Expired certificates cause:

  • HTTPS access failures for users
  • Service-to-service communication failures
  • Webhook failures for admission controllers

Automated Renewal (cert-manager)

MATIH uses cert-manager for automated TLS certificate management. Certificates are automatically renewed 30 days before expiry.

Check Certificate Status

Review cert-manager Certificate resources for the affected namespace.
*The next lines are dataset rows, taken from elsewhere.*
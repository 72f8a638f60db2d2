//! Laws of merging. Each law is a function that does nothing; its contract is the law.

ghost use Rattle.fig_merge.specs.Steps.{AllAreAccounted, AllAreCarried, CarriedAgree};
ghost use Rattle.fig_merge.specs.Steps.{TheLongestWaitingGoes};
ghost use Rattle.fig_merge.specs.Passing.{AllAreFilled, FilledHasTheEntries, FilledIsAsLong};
ghost use Rattle.fig_merge.specs.Passing.{FilledIsRead, FilledIsHeardAlike};
ghost use Rattle.fig_merge.specs.Passing.{FilledIsCheckedAlike, FilledIsFramedAlike};
ghost use Rattle.fig_merge.specs.Passing.{FilledIsFullAlike};

/// The law of filling: a filled FIB is damaged where the plan's FIB is. Otherwise its FIGs are the
/// plan's, in order, followed by those that are carried. From every state a listener knows the same
/// after it as after the plan's FIB, and the entries of this ensemble in it are those in the
/// plan's. It has as many bytes. So are all FIBs that a new merger fills, in any sequence of calls,
/// and each FIG that is carried in them agrees.
pub fn filled()
    ensures read { FilledIsRead }
    ensures heard { FilledIsHeardAlike }
    ensures entries { FilledHasTheEntries }
    ensures length { FilledIsAsLong }
    ensures stream { AllAreFilled }
{
    fib_codec::laws::fib_length();
}

/// The law of checking: a stream whose FIBs have FIGs carried behind their own is cut into frames
/// at the same places, and the checker has room for the entries of both or of neither, whatever is
/// carried. It finds the same in these frames if each FIG that is carried agrees with the current
/// configuration, as far as it was heard up to and with the FIB that carries it.
pub fn checked()
    ensures framed { FilledIsFramedAlike }
    ensures findings { FilledIsCheckedAlike }
    ensures room { FilledIsFullAlike }
{}

/// The law of accounts: after any sequence of calls, each FIG that was taken was carried with its
/// bytes, waits, had the bytes of one that waited, was dropped, or was stale, and only one of
/// these. The numbers add up, and the counts are these numbers.
pub fn accounts()
    ensures { AllAreAccounted }
{}

/// The law of order: of the FIGs that fit into what is left of a FIB, the turn of the one that has
/// waited longest comes first. So a FIG overtakes longer ones only.
pub fn order()
    ensures { TheLongestWaitingGoes }
{}

/// The law of agreement: each FIG that is carried agrees with the plan's current configuration, as
/// far as it was heard up to and with the FIB that carries it.
pub fn agreement()
    ensures { CarriedAgree }
{}

/// The law of carrying: in a frame with a FIB without FIGs the turn of the FIG that has waited
/// longest comes. Where each frame has such a FIB, the turn of each FIG that waits comes within 256
/// frames. One that agrees is carried then.
pub fn carried()
    ensures { AllAreCarried }
{}
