// The room for a stream of a file, a handle and a note.
fn need_for_stream(volume: &Volume, link: u64, stream: u64) -> Option<Need>
    ensures units { IfSome result (λ need. need.units ≡ units_noted volume.now.content link None + 1 + stream) }
    ensures dirs { IfSome result (λ need. need.dirs ≡ dirs_noted volume.now.content link None) }
    ensures rows { IfSome result (λ need. (need.links ≡ 0) × (need.streams ≡ 1) × (need.handles ≡ 1) × (need.changes ≡ 1)) }
{
    let note = volume.note_room(link, None)?;
    let units = note.units.checked_add(1)?.checked_add(stream)?;
    Some(Need {
        streams: 1,
        handles: 1,
        changes: 1,
        units,
        dirs: note.dirs,
        ..Need::nothing()
    })
}

// Puts a named stream into a file, opened by this link and noted.
fn put_stream(
    volume: &mut Volume,
    asked: &Asked,
    link: u64,
    file: u64,
    name: Name,
) -> Result<(), NoMemory>
    requires may { MayOpen volume.old.content asked.now.client asked.now.number }
    requires link { IsTrue (lives volume.old.content.links link) }
    requires linked { IsTrue (is_link_to volume.old.content.links link file) }
    requires file { IsTrue (lives volume.old.content.files file) }
    requires no_directory { is_directory volume.old.content.files file ≡ false }
    requires name { name ≡ stream_name asked.now.path }
    requires new { stream_of volume.old.content file name ≡ None }
    ensures done { OnOk result (volume.new.content ≡ with_new_stream volume.old.content asked.now link file) }
    ensures refused { OnErr result (volume.new.content ≡ volume.old.content) }
    ensures ends { KeepsEnds volume.old volume.new }
{
    let Some(need) = need_for_stream(volume, link, name.units().len() as u64) else {
        return Err(NoMemory);
    };
    volume.reserve(&need)?;
    let stream = volume.add_stream(file, name);
    open_handle(volume, asked, link, Some(stream));
    let filter = NotifyFilter::STREAM_NAME.bits();
    volume.note(link, FILE_ACTION_ADDED_STREAM, filter, Some(stream));
    Ok(())
}

// Makes a stream of this name in a file and opens it.
fn make_stream(
    alloc: Global,
    volume: &mut Volume,
    asked: &Asked,
    link: u64,
    file: u64,
    name: &[u16],
) -> Tried
    requires may { MayOpen volume.old.content asked.now.client asked.now.number }
    requires link { IsTrue (lives volume.old.content.links link) }
    requires linked { IsTrue (is_link_to volume.old.content.links link file) }
    requires file { IsTrue (lives volume.old.content.files file) }
    requires no_directory { is_directory volume.old.content.files file ≡ false }
    requires name { name.now ≡ stream_name asked.now.path }
    requires new { stream_of volume.old.content file name.now ≡ None }
    ensures leaves { Leaves (Opens (with_new_stream volume.old.content asked.now link file) status.Success action.Created) volume.old volume.new result }
{
    let Ok(name) = Name::copy_of(alloc, name) else {
        return Tried::NoMemory;
    };
    match put_stream(volume, asked, link, file, name) {
        Ok(()) => opens(Status::Success, Action::Created),
        Err(NoMemory) => Tried::NoMemory,
    }
}
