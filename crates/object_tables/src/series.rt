//! Items in order, with spare room.

ghost use Rattle.std.specs.Prelude.{◌≡◌, ◌≤◌, ◌+◌, ◌++◌, ◌∷◌, [], ◌==◌, ◌<◌, drop, length, slice_set, OnOk};

use fsa_types::NoMemory;
use std::alloc::Global;
use std::marker::Model;

/// Items in order, with spare room.
#[derive(Drop)]
pub struct Series<T> {
    items: Vec<T>,
}

impl<T> Model for Series<T> {
    ghost use Rattle.object_tables.specs.Series.{Items, items_code};
    ghost use Rattle.std.specs.Prelude.{◌-◌};
    ghost use Rattle.std.specs.Vec.{vec_capacity, vec_len};

    ghost Value = { Items T };

    ghost coded = { items_code T.code };

    ghost view = { λ s. record { items = s.items.items; room = vec_capacity s.items - vec_len s.items } };
}

impl<T: Drop> Series<T> {
    /// No items. It takes no memory.
    pub fn new(alloc: Global) -> Series<T>
        ensures { result.items ≡ [] }
    {
        Series {
            items: Vec::new(alloc),
        }
    }

    /// Takes room for `more` items beside those that are there. `NoMemory` where there is none.
    pub fn reserve(&mut self, more: usize) -> Result<(), NoMemory>
        ensures items { self.new.items ≡ self.old.items }
        ensures room { OnOk result (more ≤ self.new.room) }
        ensures kept { self.old.room ≤ self.new.room }
    {
        self.items.reserve(more)?;
        Ok(())
    }

    /// The number of items.
    pub fn len(&self) -> usize
        ensures { result ≡ length self.now.items }
    {
        self.items.len()
    }

    /// Whether there are no items.
    pub fn is_empty(&self) -> bool
        ensures { result ≡ (length self.now.items == 0) }
    {
        self.items.is_empty()
    }

    /// All items in order.
    pub fn as_slice(&self) -> &[T]
        ensures { result.now ≡ self.now.items }
    {
        self.items.as_slice()
    }

    /// Puts an item at the end. There has to be room for it. It takes no memory.
    pub fn push(&mut self, item: T)
        requires { 1 ≤ self.old.room }
        ensures items { self.new.items ≡ self.old.items ++ item ∷ [] }
        ensures left { self.old.room ≤ self.new.room + 1 }
    {
        let Ok(()) = self.items.push(item) else {
            unreachable!()
        };
    }

    /// Puts an item in the place of another.
    pub fn set(&mut self, place: usize, item: T)
        requires { place < length self.old.items }
        ensures items { self.new.items ≡ slice_set self.old.items place item }
        ensures room { self.new.room ≡ self.old.room }
    {
        self.items[place] = item;
    }

    /// Takes the first items out, so many, which have to be there. It takes no memory, and leaves no less room.
    pub fn drop_first(&mut self, count: usize)
        requires { count ≤ length self.old.items }
        ensures items { self.new.items ≡ drop count self.old.items }
        ensures room { self.old.room ≤ self.new.room }
    {
        drop(self.items.drain(..count));
    }
}
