//! Rows under numbers that rise and are never given twice.

ghost use Rattle.std.specs.Prelude.{◌≡◌, ◌≤◌, ◌<◌, ◌+◌, ◌^◌, ◌++◌, ◌∷◌, [], OnOk, OnErr, IsOk, IfOk, IfErr, length, option_map, position, slice_get, ◌==◌};
ghost use Rattle.std.specs.Borrow.{sem};
ghost use Rattle.std.specs.Option.{option_copied, option_copied_mut, option_map_or};
ghost use Rattle.fsa_types.specs.Rows.{row_of, without_row, with_row_changed, IsNumbered};
ghost use Rattle.object_tables.specs.Next.{IsNext, next_number_after};

use crate::search::{end_of, number_at, place_of};
use crate::shift_list::ShiftList;
use fsa_types::NoMemory;
use slab::Slab;
use std::alloc::Global;
use std::marker::Model;

/// Rows under numbers that rise from 1 and are never given twice. A row is found by its number in time
/// logarithmic in the rows, and stays where it is while others come and go.
pub struct Table<T> {
    // The number of each row with its key in `rows`, by rising number.
    places: ShiftList<(u64, usize)>,
    rows: Slab<T>,
    last: u64,
}

// One drop of the whole, so that it is one step at each end of a function that holds one.
impl<T: Drop> Drop for Table<T> {
    fn drop(self) {
        let Table {
            places: _,
            rows: _,
            last: _,
        } = self;
    }
}

impl<T> Model for Table<T> {
    ghost use Rattle.object_tables.specs.Places.{ArePlaced, rows_in};
    ghost use Rattle.object_tables.specs.Table.{Rows, rows_code};
    ghost use Rattle.slab.specs.Slab.{get, slab_len};
    ghost use Rattle.std.specs.Prelude.{◌-◌, min};

    ghost Value = { Rows T };

    ghost coded = { rows_code T.code };

    ghost view = { λ t. record { rows = rows_in t.rows t.places.items; last = t.last; room = min t.places.room (t.rows.capacity - slab_len t.rows) } };

    ghost invariant = { λ t. ArePlaced (get t.rows) t.places.items t.last };
}

impl<T: Drop> Table<T> {
    ghost use Rattle.object_tables.specs.Lends.{LendsRow, LendsRowAt};

    /// A table without rows; the first number that it gives is 1. It takes no memory.
    pub fn new(alloc: Global) -> Table<T>
        ensures rows { result.rows ≡ [] }
        ensures last { result.last ≡ 0 }
    {
        Table {
            places: ShiftList::new(alloc),
            rows: Slab::new(alloc),
            last: 0,
        }
    }

    /// Takes room for `more` rows beside those that are there. `NoMemory` where there is none.
    pub fn reserve(&mut self, more: usize) -> Result<(), NoMemory>
        ensures rows { self.new.rows ≡ self.old.rows }
        ensures last { self.new.last ≡ self.old.last }
        ensures room { OnOk result (more ≤ self.new.room) }
        ensures kept { self.old.room ≤ self.new.room }
    {
        self.places.reserve(more)?;
        self.rows.reserve(more)?;
        Ok(())
    }

    /// Adds a row and gives its number, one more than the last one given. It needs memory only
    /// where there is no spare room. `NoMemory` hands the row back, and nothing has changed.
    /// Fewer than 2^64 - 1 numbers have to be given so far.
    pub fn add(&mut self, row: T) -> Result<u64, (T, NoMemory)>
        requires { self.old.last + 1 < 2 ^ 64 }
        ensures id { IfOk result (λ id. id ≡ self.old.last + 1) }
        ensures rows { OnOk result (self.new.rows ≡ self.old.rows ++ (self.old.last + 1, row) ∷ []) }
        ensures last { OnOk result (self.new.last ≡ self.old.last + 1) }
        ensures succeeds { 1 ≤ self.old.room → IsOk result }
        ensures left { self.old.room ≤ self.new.room + 1 }
        ensures err { OnErr result ((self.new.rows ≡ self.old.rows) × (self.new.last ≡ self.old.last)) }
        ensures back { IfErr result (λ e. e.0 ≡ row) }
    {
        if self.places.reserve(1).is_err() {
            return Err((row, NoMemory));
        }
        if self.rows.reserve(1).is_err() {
            return Err((row, NoMemory));
        }
        let id = self.last + 1;
        let key = self.rows.insert_reserved(row);
        self.places.push((id, key));
        self.last = id;
        Ok(id)
    }

    /// The number of rows. The numbers rise, and none is above the last one given.
    pub fn len(&self) -> usize
        ensures count { result ≡ length self.now.rows }
        ensures few { length self.now.rows + 1 < 2 ^ 64 }
        ensures numbered { IsNumbered self.now.rows self.now.last }
    {
        count_of(self.places.as_slice())
    }

    /// The last number that was given, 0 where there is none.
    pub fn last(&self) -> u64
        ensures { result ≡ self.now.last }
    {
        self.last
    }

    /// The least number above `after` that a row has; `None` exactly where there is none.
    pub fn next(&self, after: u64) -> Option<u64>
        ensures found { result ≡ next_number_after self.now.rows after }
        ensures next { IsNext self.now.rows after result }
    {
        let places = self.places.as_slice();
        number_at(places, end_of(places, after))
    }

    /// The row at this place, by rising number, with its number; `None` exactly where the place isn't below the number
    /// of rows.
    pub fn entry_at(&self, place: usize) -> Option<(u64, &T)>
        ensures { option_map (λ entry. (entry.0, entry.1.now)) result ≡ slice_get self.now.rows place }
    {
        if self.places.len() <= place {
            return None;
        }
        let (id, key) = self.places.at(place);
        Some((id, &self.rows[key]))
    }

    /// The row of this number; `None` exactly where there is none.
    pub fn get(&self, id: u64) -> Option<&T>
        ensures { option_copied result ≡ row_of self.now.rows id }
    {
        let places = self.places.as_slice();
        match place_of(places, id) {
            None => None,
            Some(place) => self.rows.get(self.places.at(place).1),
        }
    }

    /// The row of this number for writing; `None` exactly where there is none.
    pub fn get_mut(&mut self, id: u64) -> Option<&mut T>
        ensures* writes_back { sem 𝓛 (LendsRow T.row self.entry id result) }
        ensures row { option_copied_mut result ≡ row_of self.old.rows id }

        // A change of the row that was found is a change of the row of this number.
        ensures one { (change : T → T) → option_map_or (λ row. with_row_changed (λ _. change row) self.old.rows id) (row_of self.old.rows id) self.old.rows ≡ with_row_changed change self.old.rows id }
    {
        match place_of(self.places.as_slice(), id) {
            None => None,
            Some(place) => Some(self.row_mut(id, place)),
        }
    }

    // The row of this number, at this place, for writing.
    fn row_mut(&mut self, id: u64, place: usize) -> &mut T
        requires { position (λ entry. entry.0 == id) self.old.rows ≡ Some place }
        ensures* writes_back { sem 𝓛 (LendsRowAt T.row self.entry id result) }
        ensures row { row_of self.old.rows id ≡ Some result.now }
    {
        let key = self.places.at(place).1;
        &mut self.rows[key]
    }

    /// Takes the row of this number out; `None` exactly where there is none. It takes no memory,
    /// and leaves the room as it was or larger.
    pub fn remove(&mut self, id: u64) -> Option<T>
        ensures row { result ≡ row_of self.old.rows id }
        ensures rows { self.new.rows ≡ without_row self.old.rows id }
        ensures last { self.new.last ≡ self.old.last }
        ensures room { self.old.room ≤ self.new.room }
    {
        match place_of(self.places.as_slice(), id) {
            None => None,
            Some(place) => {
                let key = self.places.remove(place).1;
                Some(self.rows.remove(key))
            }
        }
    }
}

// How many rows have a place.
fn count_of(places: &[(u64, usize)]) -> usize
    ensures count { result ≡ length places.now }
    ensures few { length places.now + 1 < 2 ^ 64 }
{
    places.len()
}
The Certificate resources will show their current status, expiry date, and any renewal issues.

Verify ClusterIssuer

MATIH uses DNS01 challenge via Azure DNS for certificate issuance:

IssuerEnvironmentDescription
letsencrypt-staging-dns01DevelopmentLet's Encrypt staging (for testing)
letsencrypt-prod-dns01ProductionLet's Encrypt production

Common Renewal Failures

IssueCauseResolution
DNS challenge failedAzure DNS credentials expiredRotate workload identity credentials
Rate limit exceededToo many certificate requestsWait for rate limit reset (1 hour)
Domain validation failedDNS zone delegation incorrectVerify NS records in parent zone
Issuer not readycert-manager pod unhealthyRestart cert-manager

Manual Certificate Rotation

For certificates not managed by cert-manager:

1. Generate New Certificate

Follow your organization's certificate request process to obtain a new certificate and key.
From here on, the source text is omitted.